**Data provided**
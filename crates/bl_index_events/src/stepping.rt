//! Steps of a writer: it latches, puts, takes, opens and retires pages.

ghost use Rattle.std.specs.Prelude.{◌≡◌, ◌≢◌, ◌+◌, ◌<◌, ◌≤◌, None, Some};
ghost use Rattle.bl_proc_steps.specs.declared.acts.Action.TheVariants as act;
ghost use Rattle.bl_proc_steps.specs.declared.acts.Seen.{Seen as SeenIs};
ghost use Rattle.bl_proc_steps.specs.declared.acts.Seen.TheVariants as seen;
ghost use Rattle.bl_store.specs.Hands.{known, IsSameHand, IsSameStamp, IsSameStock, HasNoStock, IsStockOf, MayRetire};
ghost use Rattle.bl_index_events.specs.Runs.{Runs, Moves, HasReserved, IsAfter};
ghost use Rattle.bl_index_events.specs.Rooms.{TellsRoom};

use crate::kinds::Kind;
use crate::pausing::Pause;
use crate::tree::Tree;
use bl_index_rule::{Opened, PassState, Put, Refused, Retired, Took, Tried};
use bl_page::Page;
use bl_proc::{Action, Seen};
use bl_reserve::reserve;
use bl_store::{Hand, Stock};

/// What a step came to.
pub enum Stepped {
    /// The process goes on, with what it has reserved.
    On(Option<Stock>),
    /// It is to end.
    AtEnd,
}

impl Tree {
    /// The process tries to latch the page. After a miss the thread pauses.
    #[inline(never)]
    fn latch<P: Kind, B: Pause>(
        &self,
        hand: &mut Hand<PassState>,
        process: &mut P,
        page: u32,
        backoff: &B,
    )
        requires runs { Runs self.now hand.old (P.proc_of process.old) }
        requires next { (P.answer_of process.old ≡ None) × (P.next_of process.old ≡ act.Latch page) }
        ensures same { IsSameHand hand.old.seat hand.new.seat × IsSameStamp hand.old.seat hand.new.seat }
        ensures runs { Runs self.now hand.new (P.proc_of process.new) }
        ensures moves { Moves (known hand.old.seat) (known hand.new.seat) }
        ensures takes { (what : SeenIs) × P.Takes process.old what process.new × TellsRoom hand.old.seat hand.new.seat (P.proc_of process.old) what }
        ensures stock { IsSameStock hand.old.seat hand.new.seat }
    {
        if self.store.try_latch::<Tried>(hand, page) {
            backoff.reset();
            process.took(Seen::Done);
        } else {
            backoff.pause();
            process.took(Seen::Missed);
        }
    }

    /// The process opens the page.
    #[inline(never)]
    fn open_page<P: Kind>(&self, hand: &mut Hand<PassState>, process: &mut P, page: u32)
        requires runs { Runs self.now hand.old (P.proc_of process.old) }
        requires next { (P.answer_of process.old ≡ None) × (P.next_of process.old ≡ act.Open page) }
        ensures same { IsSameHand hand.old.seat hand.new.seat × IsSameStamp hand.old.seat hand.new.seat }
        ensures runs { Runs self.now hand.new (P.proc_of process.new) }
        ensures moves { Moves (known hand.old.seat) (known hand.new.seat) }
        ensures takes { (what : SeenIs) × P.Takes process.old what process.new × TellsRoom hand.old.seat hand.new.seat (P.proc_of process.old) what }
        ensures stock { IsSameStock hand.old.seat hand.new.seat }
    {
        self.store.open::<Opened>(hand, page);
        process.took(Seen::Done);
    }

    /// The process retires the page, with the leave that it has from its reservation.
    #[inline(never)]
    fn retire_page<P: Kind>(&self, hand: &mut Hand<PassState>, process: &mut P, page: u32)
        requires runs { Runs self.now hand.old (P.proc_of process.old) }
        requires next { (P.answer_of process.old ≡ None) × (P.next_of process.old ≡ act.Retire page) }
        requires leave { MayRetire hand.old.seat }
        requires empty { HasNoStock hand.old.seat }
        ensures same { IsSameHand hand.old.seat hand.new.seat × IsSameStamp hand.old.seat hand.new.seat }
        ensures runs { Runs self.now hand.new (P.proc_of process.new) }
        ensures moves { Moves (known hand.old.seat) (known hand.new.seat) }
        ensures takes { (what : SeenIs) × P.Takes process.old what process.new × TellsRoom hand.old.seat hand.new.seat (P.proc_of process.old) what }
        ensures stock { HasNoStock hand.new.seat }
    {
        self.store.retire::<Retired>(hand, page);
        process.took(Seen::Done);
    }

    /// The process puts the page, with a frame of the stock.
    fn put_with<P: Kind>(
        &self,
        hand: &mut Hand<PassState>,
        process: &mut P,
        page: u32,
        contents: &Page,
        stock: Stock,
    ) -> Stock
        requires runs { Runs self.now hand.old (P.proc_of process.old) }
        requires next { (P.answer_of process.old ≡ None) × (P.next_of process.old ≡ act.Put page contents.now) }
        requires stock { IsStockOf hand.old.seat stock × (0 < stock.count) × MayRetire hand.old.seat }
        ensures same { IsSameHand hand.old.seat hand.new.seat × IsSameStamp hand.old.seat hand.new.seat }
        ensures runs { Runs self.now hand.new (P.proc_of process.new) }
        ensures moves { Moves (known hand.old.seat) (known hand.new.seat) }
        ensures takes { P.Takes process.old seen.Done process.new }
        ensures stock { IsStockOf hand.new.seat result × (result.count + 1 ≡ stock.count) × MayRetire hand.new.seat }
    {
        let mut stock = stock;
        self.store
            .put::<Put>(hand, page, &contents.to_words(), &mut stock);
        process.took(Seen::Done);
        stock
    }

    /// The process reserves so many frames and puts the page with the first of them, or is refused.
    fn put_first<P: Kind>(
        &self,
        hand: &mut Hand<PassState>,
        process: &mut P,
        page: u32,
        contents: &Page,
        frames: u32,
    ) -> Option<Stock>
        requires runs { Runs self.now hand.old (P.proc_of process.old) }
        requires next { (P.answer_of process.old ≡ None) × (P.next_of process.old ≡ act.Put page contents.now) }
        requires needs { (P.needs_of process.old ≡ Some (0, frames)) × (0 < frames) × (frames ≤ 3) }
        requires empty { HasNoStock hand.old.seat }
        ensures same { IsSameHand hand.old.seat hand.new.seat × IsSameStamp hand.old.seat hand.new.seat }
        ensures runs { Runs self.now hand.new (P.proc_of process.new) }
        ensures moves { Moves (known hand.old.seat) (known hand.new.seat) }
        ensures takes { (what : SeenIs) × P.Takes process.old what process.new × TellsRoom hand.old.seat hand.new.seat (P.proc_of process.old) what }
        ensures stock { HasReserved hand.new.seat result (P.proc_of process.new) }
    {
        match reserve::<_, _, _, Took, Refused>(&self.store, hand, 0, frames) {
            Ok(stock) => Some(self.put_with(hand, process, page, contents, stock)),
            Err(_) => {
                process.took(Seen::Refused);
                None
            }
        }
    }

    /// The process reserves a page and two frames, or is refused.
    #[inline(never)]
    fn take<P: Kind>(&self, hand: &mut Hand<PassState>, process: &mut P) -> Option<Stock>
        requires runs { Runs self.now hand.old (P.proc_of process.old) }
        requires next { (P.answer_of process.old ≡ None) × (P.next_of process.old ≡ act.Take) }
        requires needs { P.needs_of process.old ≡ Some (1, 2) }
        requires empty { HasNoStock hand.old.seat }
        ensures same { IsSameHand hand.old.seat hand.new.seat × IsSameStamp hand.old.seat hand.new.seat }
        ensures runs { Runs self.now hand.new (P.proc_of process.new) }
        ensures moves { Moves (known hand.old.seat) (known hand.new.seat) }
        ensures takes { (what : SeenIs) × P.Takes process.old what process.new × TellsRoom hand.old.seat hand.new.seat (P.proc_of process.old) what }
        ensures stock { HasReserved hand.new.seat result (P.proc_of process.new) }
    {
        match reserve::<_, _, _, Took, Refused>(&self.store, hand, 1, 2) {
            Ok(stock) => match stock.page() {
                Some(page) => {
                    process.took(Seen::Took(page));
                    Some(stock)
                }
                None => unreachable!(),
            },
            Err(_) => {
                process.took(Seen::Refused);
                None
            }
        }
    }

    /// The process puts the page, with what it has reserved or reserves now.
    #[inline(never)]
    fn put<P: Kind>(
        &self,
        hand: &mut Hand<PassState>,
        process: &mut P,
        page: u32,
        contents: &Page,
        held: Option<Stock>,
    ) -> Option<Stock>
        requires runs { Runs self.now hand.old (P.proc_of process.old) }
        requires next { (P.answer_of process.old ≡ None) × (P.next_of process.old ≡ act.Put page contents.now) }
        requires stock { HasReserved hand.old.seat held (P.proc_of process.old) }
        ensures same { IsSameHand hand.old.seat hand.new.seat × IsSameStamp hand.old.seat hand.new.seat }
        ensures runs { Runs self.now hand.new (P.proc_of process.new) }
        ensures moves { Moves (known hand.old.seat) (known hand.new.seat) }
        ensures takes { (what : SeenIs) × P.Takes process.old what process.new × TellsRoom hand.old.seat hand.new.seat (P.proc_of process.old) what }
        ensures stock { HasReserved hand.new.seat result (P.proc_of process.new) }
    {
        if let Some((_, frames)) = process.needs() {
            return self.put_first(hand, process, page, contents, frames);
        }
        match held {
            Some(stock) => Some(self.put_with(hand, process, page, contents, stock)),
            None => unreachable!(),
        }
    }

    /// The next action of the process, one event, unless it is to end. It waits for nothing.
    pub fn step<P: Kind, B: Pause>(
        &self,
        hand: &mut Hand<PassState>,
        process: &mut P,
        held: Option<Stock>,
        backoff: &B,
    ) -> Stepped
        requires runs { Runs self.now hand.old (P.proc_of process.old) }
        requires going { (P.answer_of process.old ≡ None) × (P.next_of process.old ≢ act.Begin) }
        requires stock { HasReserved hand.old.seat held (P.proc_of process.old) }
        ensures same { IsSameHand hand.old.seat hand.new.seat × IsSameStamp hand.old.seat hand.new.seat }
        ensures after { IsAfter self.now.store.layout hand.old.seat hand.new.seat (P.proc_of process.old) (P.proc_of process.new) result }
    {
        match process.next() {
            Action::Get(page) => {
                self.read(hand, process, page);
                Stepped::On(held)
            }
            Action::Latch(page) => {
                self.latch(hand, process, page, backoff);
                Stepped::On(held)
            }
            Action::Open(page) => {
                self.open_page(hand, process, page);
                Stepped::On(held)
            }
            Action::Put(page, contents) => {
                Stepped::On(self.put(hand, process, page, &contents, held))
            }
            Action::Take => Stepped::On(self.take(hand, process)),
            Action::Retire(page) => {
                self.retire_page(hand, process, page);
                Stepped::On(None)
            }
            Action::End => Stepped::AtEnd,
            _ => unreachable!(),
        }
    }
}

**Exercise details**
Pull every line containing "count" out of the entries.

**Written reply**
        requires stock { IsStockOf hand.old.seat stock × (0 < stock.count) × MayRetire hand.old.seat }
        ensures stock { IsStockOf hand.new.seat result × (result.count + 1 ≡ stock.count) × MayRetire hand.new.seat }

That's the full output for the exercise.